How, then, can the surge in depression among the group in young adulthood – from 18 percent to 51 percent (while among children with opposite-sex parents it dropped from 22 percent to 20 percent) be explained?
Sullins points to three things that were much more prominent among the same-sex parented group and could help account for depression: suicidal thoughts, missing a parent, and obesity.
Suicidal thoughts: Both as teenagers and adults they had about three times the risk of suicidal thoughts compared to their man-woman parented peers, although this dropped back for both groups as adults.
Parental distance: The feeling of distance from a parent was much more common at both life stages, even though the children of opposite-sex parents increased their “distance” in adulthood while the other group decreased it. More of the adolescents with lesbian parents reported feeling close or very close to their mother, while less than half reported feeling close to their father, compared to the case for the comparison group.
Lack of a relationship with the excluded biological parent was a cause of distress, suggests Sullins, that boosted depression after they left home — in their teens, as the girls typically did – to cohabit with a (male) partner. Absence of a father during adolescence has been associated in many studies with negative outcomes, including depression.
And although as adolescents they reported closeness to their mothers, 90 percent (at Wave III) of young adults with same-sex parents also reported childhood abuse by their parents (85 percent at Wave IV). However, from types of abuse ranging from forced sexual activity and hitting to verbal and emotional Sullins says that 80 percent of it was in the latter category.
Obesity: Obesity surged among both groups but the differences became significant over time, with 31 percent obesity among young adult children of opposite-sex parents compared with 72 percent of those from same-sex households. This could have contributed to perceptions of social stigma, which was also prevalent in the group from same-sex households compared with other young people (nearly 37 percent compared with 7 percent). Both obesity and stigma have known associations with depression.
Sullins comments on the importance of this study:
First, this study makes clear that some of the problems children have with same-sex parents do not appear until they are in early adulthood. Just like, for many people, what they internalized about family roles from their childhood family does not appear or become important until they themselves are married, and try to do things like their parents did.

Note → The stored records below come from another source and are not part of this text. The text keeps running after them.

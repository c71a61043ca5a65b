// One record of a stream: the place of the one at a cursor, and a record's fixed part.
//
// `place_at` has no `requires`: any cursor gets an answer. `fixed_part` asks that the record lies in the
// stream, as every answered place does. Nothing is copied. Assumes nothing.
#![tactic(auto)]

mod record;

pub use record::{fixed_part, place_at};
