// The index in memory: three given columns, start, id and counter, with one place for each record.
ghost use Rattle.std.specs.Prelude.{◌≡◌, ◌+◌, [], ◌∷◌, length};
ghost use Rattle.mrd_numbers.specs.Stored.{stored, front};
ghost use Rattle.mrd_stream.specs.Index.{entries, start_column, id_column, counter_column};
ghost use Rattle.mrd_stream.specs.Output.{written_meaning, output_by};
ghost use Rattle.mrd_columns.specs.Columns.{columns_answer, Rooms};

use mrd_cursor::Cursor;
use mrd_format::{Refusal, Rules};
use mrd_index::entry_of;
use mrd_index_fields::Entry;
use mrd_stream::{Refused, Step, check};

// Fills the columns with the index of the stream s, place n for record n, and answers the number of records;
// else answers the stream's refusal, or 14 where any column is shorter than that. Later places keep their
// content, and a refusal changes none.
pub fn fill_columns(
    rules: Rules,
    s: &[u8],
    starts: &mut [u64],
    ids: &mut [u16],
    counters: &mut [u32],
) -> Result<usize, Refused>
    ensures result_value { written_meaning result ≡ columns_answer rules s.now (length starts.old) (length ids.old) (length counters.old) }
    ensures starts_after { starts.new ≡ output_by (written_meaning result) (start_column rules s.now) starts.old }
    ensures ids_after { ids.new ≡ output_by (written_meaning result) (id_column rules s.now) ids.old }
    ensures counters_after { counters.new ≡ output_by (written_meaning result) (counter_column rules s.now) counters.old }
{
    let count = check(rules, s)?;
    if (starts.len() < count) | ((ids.len() < count) | (counters.len() < count)) {
        return Err(Refused::Alone(Refusal::OutputShort));
    }
    put_places(rules, s, starts, ids, counters);
    Ok(count)
}

// Writes the entry of each record of s to its place in the columns: one step for each record.
fn put_places(rules: Rules, s: &[u8], starts: &mut [u64], ids: &mut [u16], counters: &mut [u32])
    requires { Rooms (length (entries rules s.now)) (length starts.old) (length ids.old) (length counters.old) }
    ensures starts_after { starts.new ≡ front (start_column rules s.now) starts.old }
    ensures ids_after { ids.new ≡ front (id_column rules s.now) ids.old }
    ensures counters_after { counters.new ≡ front (counter_column rules s.now) counters.old }
{
    let mut c = Cursor::beginning();
    loop {
        match mrd_stream::next(rules, c, s) {
            Step::Message(record, next) => {
                let entry = entry_of(s, record);
                put_place(record.place.number, entry, starts, ids, counters);
                c = next;
            }
            Step::End(_) => return,
        }
    }
}

// Writes an entry to place n of the columns. The tests are for a stream that changes between the check and the
// walk: nothing is written past a column then.
fn put_place(n: usize, entry: Entry, starts: &mut [u64], ids: &mut [u16], counters: &mut [u32])
    requires { Rooms (n + 1) (length starts.old) (length ids.old) (length counters.old) }
    ensures starts_after { starts.new ≡ stored n (entry.start ∷ []) starts.old }
    ensures ids_after { ids.new ≡ stored n (entry.id ∷ []) ids.old }
    ensures counters_after { counters.new ≡ stored n (entry.counter ∷ []) counters.old }
{
    if (starts.len() <= n) | ((ids.len() <= n) | (counters.len() <= n)) {
        return;
    }
    starts[n] = entry.start;
    ids[n] = entry.id;
    counters[n] = entry.counter;
}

Though they may look the same at age 15, by age 28 the children raised by same-sex parents are much more likely to be depressed, obese, isolated from their parents and lacking a stable intimate relationship. So it is not enough just to look at whether the children are “no different” as children, we have to look at how they turn out in adulthood. This is often true for children who have been abused in some way; the full harm of the abuse does not appear until they are somewhat older.

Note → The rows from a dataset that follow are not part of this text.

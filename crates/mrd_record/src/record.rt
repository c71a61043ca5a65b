// The record at a cursor, at a cost that does not grow with the stream, and the fixed part of a record.
ghost use Rattle.std.specs.Prelude.{◌≡◌};
ghost use Rattle.mrd_format.specs.Message.{fixed_part};
ghost use Rattle.mrd_format.specs.Shapes.{kind_of};
ghost use Rattle.mrd_stream.specs.ReaderMeaning.{record_meaning, placed_meaning};
ghost use Rattle.mrd_cut.specs.CutPlaces.{part_at};
ghost use Rattle.mrd_record.specs.AtCursor.{place_at, Lies};

use mrd_cursor::Cursor;
use mrd_format::{Kind, Refusal, Rules};
use mrd_message::FixedPart;
use mrd_stream::{PlacedRecord, Refused, Step};

// The place and kind of the record that is due at c; the stream's refusal where its message is refused, 16
// where none is left.
#[tactic(auto, unfolding(crate::specs::AtCursor::place_at))]
pub fn place_at(rules: Rules, c: Cursor, s: &[u8]) -> Result<PlacedRecord, Refused>
    ensures { placed_meaning result ≡ place_at rules c s.now }
{
    match mrd_stream::next(rules, c, s) {
        Step::Message(here, _) => Ok(here),
        Step::End(answer) => {
            answer?;
            Err(Refused::Alone(Refusal::NoRecord))
        }
    }
}

// The fixed part of a record that lies in s.
pub fn fixed_part(s: &[u8], here: PlacedRecord) -> FixedPart<'_>
    requires { Lies s.now (record_meaning here) }
    ensures kind { result.kind ≡ kind_of here.shape }
    ensures bytes { result.bytes.now ≡ fixed_part (kind_of here.shape) (part_at s.now (record_meaning here)) }
{
    let kind = here.shape.kind();
    let from = here.place.start + Kind::ID_SIZE;
    let to = from + kind.fixed_size();
    FixedPart {
        kind,
        bytes: &s[from..to],
    }
}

Second, this study confirms my earlier study which suggests that having two parents of the same sex conveys difficulties to their children related to the unavoidable fact that the child does not experience the care of both a man and a woman. In both studies, so far as we can tell, the same-sex parents are as warm, caring and loving as any other sets of parents, and are probably good parents as individuals, but they cannot supply for the child the emotional or psychological benefits of the missing father (if lesbian parents) or mother (if gay male parents).
Third, this study is important for a technical reason. It re-analyzes the data from what is often cited as the strongest study showing “no differences” (the Wainright and Patterson 2004 study cited in my article), correcting errors in their sample (which mistakenly included a majority of heterosexual parent couples) showing that, when the sample is properly specified and children are followed into early adulthood, important negative differences emerge.
It is by no means clear that children being raised in same-sex household are doing just as well as those raised by their mum and dad.